===== Data supplied =====
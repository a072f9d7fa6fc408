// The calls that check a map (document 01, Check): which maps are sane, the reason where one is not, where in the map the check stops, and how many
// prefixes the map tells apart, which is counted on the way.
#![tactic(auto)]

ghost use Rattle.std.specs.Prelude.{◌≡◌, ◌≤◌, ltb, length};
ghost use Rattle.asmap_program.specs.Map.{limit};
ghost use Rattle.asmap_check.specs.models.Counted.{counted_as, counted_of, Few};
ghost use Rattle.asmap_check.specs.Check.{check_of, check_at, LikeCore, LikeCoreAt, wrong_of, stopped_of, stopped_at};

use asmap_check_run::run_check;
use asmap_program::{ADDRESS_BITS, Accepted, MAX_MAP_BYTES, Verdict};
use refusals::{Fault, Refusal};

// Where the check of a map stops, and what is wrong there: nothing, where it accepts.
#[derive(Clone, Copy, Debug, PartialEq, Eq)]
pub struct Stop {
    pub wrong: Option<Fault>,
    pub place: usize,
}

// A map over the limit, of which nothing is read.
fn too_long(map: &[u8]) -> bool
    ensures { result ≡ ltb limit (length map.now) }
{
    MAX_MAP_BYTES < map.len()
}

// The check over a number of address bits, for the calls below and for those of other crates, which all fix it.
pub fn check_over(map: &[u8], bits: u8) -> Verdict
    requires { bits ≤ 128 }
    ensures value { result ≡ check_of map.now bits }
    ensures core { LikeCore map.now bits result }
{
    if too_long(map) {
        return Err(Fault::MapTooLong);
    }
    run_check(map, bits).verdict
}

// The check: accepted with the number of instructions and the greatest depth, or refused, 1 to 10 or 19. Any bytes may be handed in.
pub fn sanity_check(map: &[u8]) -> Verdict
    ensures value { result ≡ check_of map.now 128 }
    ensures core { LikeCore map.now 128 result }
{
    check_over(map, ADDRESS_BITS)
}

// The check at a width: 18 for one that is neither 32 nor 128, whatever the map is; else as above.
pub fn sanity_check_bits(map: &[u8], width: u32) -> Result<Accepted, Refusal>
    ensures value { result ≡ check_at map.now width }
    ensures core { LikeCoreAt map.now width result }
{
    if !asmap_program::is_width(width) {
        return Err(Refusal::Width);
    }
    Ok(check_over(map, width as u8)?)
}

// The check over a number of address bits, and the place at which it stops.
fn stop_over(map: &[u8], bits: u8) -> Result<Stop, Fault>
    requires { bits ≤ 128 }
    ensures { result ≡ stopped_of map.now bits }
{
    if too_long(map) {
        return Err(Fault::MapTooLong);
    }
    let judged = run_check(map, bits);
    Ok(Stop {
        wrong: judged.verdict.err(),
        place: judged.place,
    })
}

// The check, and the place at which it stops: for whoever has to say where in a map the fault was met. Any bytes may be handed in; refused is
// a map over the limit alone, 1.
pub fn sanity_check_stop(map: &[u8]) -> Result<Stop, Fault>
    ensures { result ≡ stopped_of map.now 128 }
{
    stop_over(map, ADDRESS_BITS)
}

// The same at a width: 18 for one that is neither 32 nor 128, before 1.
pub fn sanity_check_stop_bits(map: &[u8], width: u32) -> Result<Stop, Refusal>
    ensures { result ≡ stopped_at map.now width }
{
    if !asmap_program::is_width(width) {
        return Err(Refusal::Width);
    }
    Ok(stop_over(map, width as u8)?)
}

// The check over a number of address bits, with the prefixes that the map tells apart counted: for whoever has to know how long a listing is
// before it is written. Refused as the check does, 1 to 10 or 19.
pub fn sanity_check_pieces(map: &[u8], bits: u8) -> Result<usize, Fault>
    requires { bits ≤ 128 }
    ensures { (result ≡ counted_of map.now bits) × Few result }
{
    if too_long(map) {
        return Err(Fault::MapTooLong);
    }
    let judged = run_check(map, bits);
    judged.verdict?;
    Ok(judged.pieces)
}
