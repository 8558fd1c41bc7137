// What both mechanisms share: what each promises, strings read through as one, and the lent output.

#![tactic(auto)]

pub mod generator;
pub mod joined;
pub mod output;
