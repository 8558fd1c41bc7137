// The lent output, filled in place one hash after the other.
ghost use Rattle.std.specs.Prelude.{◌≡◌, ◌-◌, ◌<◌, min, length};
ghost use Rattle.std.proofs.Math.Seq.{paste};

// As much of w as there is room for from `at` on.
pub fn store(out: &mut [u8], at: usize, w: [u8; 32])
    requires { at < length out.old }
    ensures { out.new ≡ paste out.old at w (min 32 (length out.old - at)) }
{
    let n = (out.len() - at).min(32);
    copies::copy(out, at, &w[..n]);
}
=====
* **Instructions to follow**: What you need to do is retype all the entries exactly as written.

* **Task output**:
repository a072f9d7fa6fc408
// The calls that check a map (document 01, Check): which maps are sane, the reason where one is not, where in the map the check stops, and how many
// prefixes the map tells apart, which is counted on the way.
#![tactic(auto)]

ghost use Rattle.std.specs.Prelude.{◌≡◌, ◌≤◌, ltb, length};
ghost use Rattle.asmap_program.specs.Map.{limit};
ghost use Rattle.asmap_check.specs.models.Counted.{counted_as, counted_of, Few};
ghost use Rattle.asmap_check.specs.Check.{check_of, check_at, LikeCore, LikeCoreAt, wrong_of, stopped_of, stopped_at};

use asmap_check_run::run_check;
use asmap_program::{ADDRESS_BITS, Accepted, MAX_MAP_BYTES, Verdict};
use refusals::{Fault, Refusal};

// Where the check of a map stops, and what is wrong there: nothing, where it accepts.
#[derive(Clone, Copy, Debug, PartialEq, Eq)]
pub struct Stop {
    pub wrong: Option<Fault>,
    pub place: usize,
}

// A map over the limit, of which nothing is read.
fn too_long(map: &[u8]) -> bool
    ensures { result ≡ ltb limit (length map.now) }
{
    MAX_MAP_BYTES < map.len()
}

// The check over a number of address bits, for the calls below and for those of other crates, which all fix it.
pub fn check_over(map: &[u8], bits: u8) -> Verdict
    requires { bits ≤ 128 }
    ensures value { result ≡ check_of map.now bits }
    ensures core { LikeCore map.now bits result }
{
    if too_long(map) {
        return Err(Fault::MapTooLong);
    }
    run_check(map, bits).verdict
}

// The check: accepted with the number of instructions and the greatest depth, or refused, 1 to 10 or 19. Any bytes may be handed in.
pub fn sanity_check(map: &[u8]) -> Verdict
    ensures value { result ≡ check_of map.now 128 }
    ensures core { LikeCore map.now 128 result }
{
    check_over(map, ADDRESS_BITS)
}

// The check at a width: 18 for one that is neither 32 nor 128, whatever the map is; else as above.
pub fn sanity_check_bits(map: &[u8], width: u32) -> Result<Accepted, Refusal>
    ensures value { result ≡ check_at map.now width }
    ensures core { LikeCoreAt map.now width result }
{
    if !asmap_program::is_width(width) {
        return Err(Refusal::Width);
    }
    Ok(check_over(map, width as u8)?)
}

// The check over a number of address bits, and the place at which it stops.
fn stop_over(map: &[u8], bits: u8) -> Result<Stop, Fault>
    requires { bits ≤ 128 }
    ensures { result ≡ stopped_of map.now bits }
{
    if too_long(map) {
        return Err(Fault::MapTooLong);
    }
    let judged = run_check(map, bits);
    Ok(Stop {
        wrong: judged.verdict.err(),
        place: judged.place,
    })
}

// The check, and the place at which it stops: for whoever has to say where in a map the fault was met. Any bytes may be handed in; refused is
// a map over the limit alone, 1.
pub fn sanity_check_stop(map: &[u8]) -> Result<Stop, Fault>
    ensures { result ≡ stopped_of map.now 128 }
{
    stop_over(map, ADDRESS_BITS)
}

// The same at a width: 18 for one that is neither 32 nor 128, before 1.
pub fn sanity_check_stop_bits(map: &[u8], width: u32) -> Result<Stop, Refusal>
    ensures { result ≡ stopped_at map.now width }
{
    if !asmap_program::is_width(width) {
        return Err(Refusal::Width);
    }
    Ok(stop_over(map, width as u8)?)
}

// The check over a number of address bits, with the prefixes that the map tells apart counted: for whoever has to know how long a listing is
// before it is written. Refused as the check does, 1 to 10 or 19.
pub fn sanity_check_pieces(map: &[u8], bits: u8) -> Result<usize, Fault>
    requires { bits ≤ 128 }
    ensures { (result ≡ counted_of map.now bits) × Few result }
{
    if too_long(map) {
        return Err(Fault::MapTooLong);
    }
    let judged = run_check(map, bits);
    judged.verdict?;
    Ok(judged.pieces)
}
repository 8558fd1c41bc7137
// What both mechanisms share: what each promises, strings read through as one, and the lent output.

#![tactic(auto)]

pub mod generator;
pub mod joined;
pub mod output;
repository 8558fd1c41bc7137
// The lent output, filled in place one hash after the other.
ghost use Rattle.std.specs.Prelude.{◌≡◌, ◌-◌, ◌<◌, min, length};
ghost use Rattle.std.proofs.Math.Seq.{paste};

// As much of w as there is room for from `at` on.
pub fn store(out: &mut [u8], at: usize, w: [u8; 32])
    requires { at < length out.old }
    ensures { out.new ≡ paste out.old at w (min 32 (length out.old - at)) }
{
    let n = (out.len() - at).min(32);
    copies::copy(out, at, &w[..n]);
}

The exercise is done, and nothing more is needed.